= Samuel Claggett Chew =

American literary scholar (1888–1960)

Samuel Claggett Chew (August 31, 1888 – January 16, 1960) was a scholar of English literature and drama who taught at Bryn Mawr College.

== Education and teaching posts ==
Chew hailed from a prominent American family and was born in Baltimore. He received his bachelor's degree from Johns Hopkins in 1909 and earned the doctorate there in 1913: while at the university, he was elected to the Phi Beta Kappa honor society. As a young man, he came into contact with Horace Howard Furness, who served as a role model for him; the younger man dedicated his 1915 book, The Dramas of Lord Byron, to Furness. He revered the editor of The New Variorum Shakespeare for his "wisdom and benevolence and large-heartedness and sense of humor."

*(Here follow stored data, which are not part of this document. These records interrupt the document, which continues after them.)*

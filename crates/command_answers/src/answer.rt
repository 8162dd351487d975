//! What a command gives.
ghost use Rattle.std.specs.Prelude.{◌≡◌};
ghost use Rattle.command_answers.specs.Endings.{ending_of};

/// How a command that gives a text ends: all is well, or a settling of a simulation doesn't end, a comparison finds a
/// difference, or an audit finds a rule that is broken.
#[derive(Clone, Copy, Debug, PartialEq, Eq)]
pub enum Ending {
    Done,
    Differs,
}

impl Ending {
    /// The ending where all is well, or isn't.
    pub fn of(well: bool) -> Ending
        ensures { result ≡ ending_of well }
    {
        if well { Ending::Done } else { Ending::Differs }
    }
}

/// A text to be put out, and how the command ends then.
#[derive(Drop)]
pub struct Answer {
    pub text: Vec<u8>,
    pub ending: Ending,
}
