//! The command `bench SEED SIZE` with its options: the figures of the deck of a network that is generated, and how the deck does
//! beside the network.
ghost use Rattle.std.specs.Prelude.{◌≡◌, ◌++◌, IfOk, IsErrOf, OnOk};
ghost use Rattle.command_words.specs.Commands.{IsGoodSize};
ghost use Rattle.command_words.specs.SynthOptionWords.{AreGoodOptions};
ghost use Rattle.command_answers.specs.Benches.{IsSameBench, events_text};
ghost use Rattle.command_answers.specs.Endings.{ending_number};
ghost use Rattle.net_gen.specs.Stimulus.{stimulus_text};
ghost use Rattle.trace_tool.specs.CircuitVerdicts.{HasNoCircuitVerdict, IsCircuitVerdict};
ghost use Rattle.trace_tool.specs.VerdictLines.{verdict_line};
ghost use Rattle.trace_tool.specs.declared.options.Order.TheVariants.{First};
ghost use Rattle.trace_tool.specs.declared.fault.TraceFault.{TraceFault as Fault};
ghost use Rattle.trace_tool.specs.declared.fault.TraceFault.TheVariants.{Memory};

use crate::answer::{Answer, Ending};
use crate::cosim_command::is_same;
use crate::report_command::figures_text;
use deck::Circuit;
use dom_base::{OutOfMemory, append, append_number};
use net_flatten::Network;
use net_gen::{bench_stimulus, generate};
use std::alloc::Global;
use synth_flow::{FiguredCircuit, SynthOptions, synth_with_figures};
use trace_tool::{Order, TraceFault, Verdict, network_of_text, verdict_of_circuit};

/// The figures of the deck of a network that is generated, with options, the events and the verdict of the deck beside the
/// network. The verdict is that all is the same, and the one fault is want of memory.
pub fn bench(
    alloc: Global,
    seed: u64,
    size: u32,
    options: SynthOptions,
) -> Result<Answer, TraceFault>
    requires good_size { IsGoodSize size }
    requires good_options { AreGoodOptions options }
    ensures same { IfOk result (λ answer. IsSameBench seed size options (ending_number answer.ending) answer.text.items) }
    ensures failed { (why : Fault) → IsErrOf result why → why ≡ Memory }
{
    let blif = generate(alloc, seed, size)?;
    let network = network_of_text(alloc, &blif)?;
    drop(blif);
    let FiguredCircuit { circuit, figures } = synth_with_figures(alloc, &network, options)?;
    circuit.whole();
    let mut text = figures_text(alloc, &network.name, &figures)?;
    drop(figures);
    let verdict = own_verdict(alloc, seed, &network, circuit)?;
    append_verdict(alloc, &mut text, &verdict)?;
    let ending = Ending::of(is_same(&verdict));
    Ok(Answer { text, ending })
}

/// The verdict of a circuit beside a network over the four cycles of a seed.
fn own_verdict(
    alloc: Global,
    seed: u64,
    network: &Network,
    circuit: Circuit,
) -> Result<Verdict, TraceFault>
    ensures verdict { IfOk result (λ verdict. IsCircuitVerdict network.now circuit (stimulus_text seed network.now.inputs) First 0 verdict) }
    ensures refused { (why : Fault) → IsErrOf result why
        → HasNoCircuitVerdict network.now circuit (stimulus_text seed network.now.inputs) why }
{
    let stim = bench_stimulus(alloc, seed, network.inputs)?;
    verdict_of_circuit(alloc, network, circuit, &stim, Order::First, 0)
}

/// Appends the line of the events of a verdict, where all is the same, and the line of the verdict.
fn append_verdict(alloc: Global, text: &mut Vec<u8>, verdict: &Verdict) -> Result<(), OutOfMemory>
    ensures { OnOk result (text.new.items ≡ text.old.items ++ events_text verdict.now ++ verdict_line verdict.now) }
{
    append_events(text, verdict)?;
    let line = verdict.text(alloc)?;
    append(text, &line)
}

/// Appends the line of the events of a verdict, where all is the same.
fn append_events(text: &mut Vec<u8>, verdict: &Verdict) -> Result<(), OutOfMemory>
    ensures { OnOk result (text.new.items ≡ text.old.items ++ events_text verdict.now) }
{
    if let Verdict::Same { events, .. } = verdict {
        append(text, b"events ")?;
        append_number(text, *events)?;
        append(text, b"\n")?;
    }
    Ok(())
}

Chew began his teaching career at the high school level at the Gilman Country School in Baltimore in 1909. For the next two years he was a fellow at Johns Hopkins while studying for his doctorate. In 1913 he taught at the Hotchkiss School in Salisbury, Connecticut.

The academic institution to which he was to devote the majority of his professional life was Bryn Mawr College. Chew became an instructor in English there in 1914. Two years later he was promoted to the rank of associate professor. Later, he was made Mary Garrett Alumnae Professor of English. His position was named after an early proponent of women's right to vote. In total, he taught at the exclusive Pennsylvania women's college for more than 40 years.

Since Chew was well known in scholarly circles and published extensively, he was often invited to lecture at other universities, among them the University of Chicago, the University of Toronto, his alma mater Johns Hopkins, Western Reserve, and Harvard Universities. He also lectured at the Pierpont Morgan Library in New York. He was a visiting lecturer at Pomona College in 1954–55 and at the Claremont Graduate School from 1955 to 1957.

== Popular writing and book reviews ==
Chew was active as a critic and book reviewer. He wrote 3,000 book reviews in the field of English literature, many of them published in The New York Herald Tribune and The Nation. His last book review, concerning a two-volume edition of Coleridge's letters, appeared in the Herald Tribune the same day as his obituary.

In 1925 Chew won first prize, offered by The Saturday Review of Literature, for the best discussion of the way in which Joseph Conrad might have finished his fragmentary novel titled Suspense. He also wrote for Vanity Fair. This magazine offered prizes to those who could answer the dozens of questions Chew had assembled for the contest.

The book that made him most well known for a popular audience was the anthology titled Fruit Among the Leaves. It included parts of famous books published by the D. Appleton & Company publishers on the occasion of their 125th year in business. The firm went out of business in 1973.

He reviewed several of Thomas Hardy's works and corresponded with him. Chew's 1921 book on Hardy, said one scholar, "enhanced Hardy's prestige".

== Acknowledgements upon retirement ==
Johns Hopkins University conferred upon him the honorary degree of Doctor of Literature in 1950. The next year he was elected to the American Philosophical Society; reviews of the era referred to Chew as an "eminent scholar".

Erwin Panofsky, then teaching at Princeton, held a special lecture in honor of Chew's retirement from Bryn Mawr in 1954; the title was "Galileo as a Critic of the Arts".

After his 1954 retirement as Professor of English Literature at Bryn Mawr, Chew continued to lecture occasionally at the college.

== Personal life ==
His wife was Lucy Evans Chew, a graduate from Bryn Mawr College in 1918. Shortly after her graduation, she married Chew. For the majority of their married life, the Chews lived in the Bryn Mawr area; Samuel died in Bryn Mawr Hospital. Mrs. Chew left 58 volumes of her diaries from the years from 1920 to 1968 to Bryn Mawr's archives.

=== Book collector ===
Chew was a collector of rare books. He willed that two late medieval manuscripts from his collection be donated to the Bryn Mawr Library. One was a psalter he had purchased during a sabbatical in Europe in 1921; other books were given to him by his friend Howard Gray, a history professor at the same college.

== Major publications ==
- The Dramas of Lord Byron, 1915.
- Thomas Hardy, poet and novelist, 1921.
- Byron in England, 1924.
- The Crescent and the Rose (1937) was well received at the time of publication. Among literary scholars, the book is "usually seen as the pioneering discussion" of Islam in early modern English drama. It was reprinted five years (1965) after Chew's death and is still cited frequently.
- The Virtues Reconciled: An Iconographical Study, 1947.
- Literary History of England, 1948. Chew authored the fourth and last section: "Book IV: The Nineteenth Century and After".
- Chief Romantic Poets, 1950.
- The Pilgrimage of Life, 1962. Mrs. Chew oversaw the final editing process after her husband died. He had worked on the project over the course of 20 years.

He edited a volume of Tennyson's poems (titled Representative Poems) in 1941.